Advanced voting began Monday in Fayette County to fill a vacancy on the county commission created by the death of Vice Chair Pota Coston, the county’s first black county commissioner. The special election is set for September 15.
Three candidates are vying for the District 5 seat, which represents residents living mostly in the northeastern part of Fayette. The candidates are Angela Bean, 58, an independent contractor in the graphic arts field; Peyton W. Riley, 48, who works in the financial services industry, and Charles D. Rousseau, 54, retired from management positions with Fulton County government.
The special election is only open to residents who live in District 5.
District 5 is at the center of an four-year-old court fight between the county and the NAACP and a group of black Fayette residents who been arguing over the county’s method of electing candidates to the county school board and the county commission. Until last year when Coston was elected, no blacks had ever served on the county commission in Fayette’s 193-year existence. No black resident has yet to serve on the school board.
U.S. District Judge Timothy Batten Sr. recently ordered the county to use district voting - the same electoral method used to elect Coston - for the special election. The county and NAACP had clashed over how the special election would be conducted because the county felt it could use at-large voting since an appeals court had sent the case back to Batten for a trial. In 2013, Batten ruled that the at-large system was discriminatory and ordered a remedial plan that called for the creation of five voting districts, including one that is predominately minority. That is District 5. His plan did not include a remedy for handling special elections in the case of a county official’s death.

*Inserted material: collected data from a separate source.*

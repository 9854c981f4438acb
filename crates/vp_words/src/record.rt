//! Records of words, the replies to them, and what is due.
ghost use Rattle.std.specs.Prelude.{◌≡◌, ◌*◌, ◌≤◌, ◌↔◌, IsTrue, pos};
ghost use Rattle.std.specs.List.{list_all};
ghost use Rattle.std.specs.Ordering.{int_eq};
ghost use Rattle.vp_words.specs.Number.{is_finite};
ghost use Rattle.vp_words.specs.Record.{IsRecord, IsValid, due_for, field_count, is_valid, kind_due, pair_count, pairs_then_finite, place_count};

use crate::{Word, encloses};

/// The kinds of record.
#[derive(Clone, Copy, PartialEq, Eq, Debug)]
pub enum Kind {
    /// The first record: two ends of each parameter and of each state, and a word for each control.
    Init,
    /// A choice: a word for each control.
    Choice,
    /// What was sensed: two ends of the time that passed and of each new state.
    Sense,
}

/// The kind of record that is due next.
#[derive(Clone, Copy, PartialEq, Eq, Debug)]
pub enum Due {
    /// The first record.
    Init,
    /// A choice.
    Choice,
    /// What was sensed.
    Sense,
    /// Nothing is due: a violation was reported.
    Ended,
}

/// Whether a record was answered.
#[derive(Clone, Copy, PartialEq, Eq, Debug)]
pub enum Turn {
    /// The record was due, and has its reply.
    Answered,
    /// Nothing was due, and nothing changed.
    Ended,
}

/// How many parameters, states and controls a model has.
#[derive(Clone, Copy, PartialEq, Eq, Debug)]
pub struct Counts {
    /// How many parameters.
    pub params: u8,
    /// How many states.
    pub states: u8,
    /// How many controls.
    pub controls: u8,
}

/// The words of one input line. Those from place `len` on are 0.
#[derive(Clone, Copy, PartialEq, Eq, Debug)]
pub struct Record {
    /// What kind of line it is.
    pub kind: Kind,
    /// The words, in the order of the line.
    pub words: [Word; 64],
    /// How many words the line has.
    pub len: u8,
}

/// What a violation reports. `k` is the number of a conjunct, from 1, and `unknown` says that its
/// truth is not known, where it is false otherwise.
#[derive(Clone, Copy, PartialEq, Eq, Debug)]
pub enum Why {
    /// A conjunct of the initial condition.
    Init { k: u32, unknown: bool },
    /// A conjunct of the plant's monitor.
    Plant { k: u32, unknown: bool },
    /// The choice was not allowed, and the fallback's value for some control is not known to be one
    /// word.
    Fallback,
}

/// The answer to a record.
#[derive(Clone, Copy, PartialEq, Eq, Debug)]
pub enum Reply {
    /// Each conjunct that the record is tested by holds.
    Ok,
    /// The controls to apply, `len` of them; the words from there on are 0. `fallback` says that they
    /// are the fallback's, and not those chosen.
    Act {
        words: [Word; 16],
        len: u8,
        fallback: bool,
    },
    /// A monitor isn't shown to hold, and nothing is due from here on.
    Violation(Why),
}

impl Kind {
    /// What is due where a record of this kind is.
    pub fn due(self) -> Due
        ensures { result ≡ due_for self }
    {
        match self {
            Kind::Init => Due::Init,
            Kind::Choice => Due::Choice,
            Kind::Sense => Due::Sense,
        }
    }
}

impl Due {
    /// The kind of the record that is due, unless nothing is.
    pub fn kind(self) -> Option<Kind>
        ensures { result ≡ kind_due self }
    {
        match self {
            Due::Init => Some(Kind::Init),
            Due::Choice => Some(Kind::Choice),
            Due::Sense => Some(Kind::Sense),
            Due::Ended => None,
        }
    }
}

impl Counts {
    /// How many places the variables of such a model have: one for each parameter, two for each state
    /// and control, and one for the time that passed.
    pub fn place_count(self) -> u32
        ensures { result ≡ place_count self }
    {
        u32::from(self.params) + 2 * u32::from(self.states) + 2 * u32::from(self.controls) + 1
    }

    /// Whether a model may have so many: a state and a control at least, and at most 32 places.
    pub fn is_valid(self) -> bool
        ensures test { result ≡ is_valid self }
        ensures valid { IsTrue result ↔ IsValid self }
    {
        self.states >= 1 && self.controls >= 1 && self.place_count() <= 32
    }
}

/// How many words a record of the kind has.
pub fn fields(kind: Kind, counts: Counts) -> u8
    requires { IsValid counts }
    ensures count { result ≡ field_count kind counts }
    ensures room { result ≤ 64 }
{
    match kind {
        Kind::Init => 2 * counts.params + 2 * counts.states + counts.controls,
        Kind::Choice => counts.controls,
        Kind::Sense => 2 + 2 * counts.states,
    }
}

/// With how many pairs of ends a record of the kind begins.
pub fn pair_count(kind: Kind, counts: Counts) -> u8
    requires { IsValid counts }
    ensures count { result ≡ pair_count kind counts }
    ensures room { 2 * result ≤ field_count kind counts }
{
    match kind {
        Kind::Init => counts.params + counts.states,
        Kind::Choice => 0,
        Kind::Sense => 1 + counts.states,
    }
}

impl Record {
    /// Whether the record has the words of its kind: their number, each pair of ends valid, each
    /// control finite, and zeros behind.
    pub fn is_valid(&self, counts: Counts) -> bool
        requires { IsValid counts }
        ensures { IsTrue result ↔ IsRecord counts self.now }
    {
        let len = fields(self.kind, counts);
        if self.len != len {
            return false;
        }
        let (words, padding) = self.words.split_at(len as usize);
        are_zero(padding) && are_valid(pair_count(self.kind, counts), words)
    }
}

// Whether so many valid pairs of ends stand first, and then finite words alone.
fn are_valid(pairs: u8, words: &[Word]) -> bool
    ensures { result ≡ pairs_then_finite pairs words.now }
{
    if pairs == 0 {
        return are_finite(words);
    }
    match words {
        [low, high, rest @ ..] => encloses(*low, *high) && are_valid(pairs - 1, rest),
        _ => false,
    }
}

fn are_finite(words: &[Word]) -> bool
    ensures { result ≡ list_all is_finite words.now }
{
    for word in words {
        if !word.is_finite() {
            return false;
        }
    }
    true
}

fn are_zero(words: &[Word]) -> bool
    ensures { result ≡ list_all (λ z. int_eq z (pos 0)) words.now }
{
    for word in words {
        if *word != Word::ZERO {
            return false;
        }
    }
    true
}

The trial starts the week of Nov. 16.
Meanwhile, District 5 residents can vote this week only at the county elections board, 140 Stonewall Ave. in Fayetteville. Voters will have an additional option during the following two weeks to vote at the Tyrone Town Hall, 881 Senoia Rd. There will be no voting on the weekends or on September 7, which is Labor Day. Early voting ends September 11.
Nine county precincts will be open to voters on September 15, the day of the special election for District 5.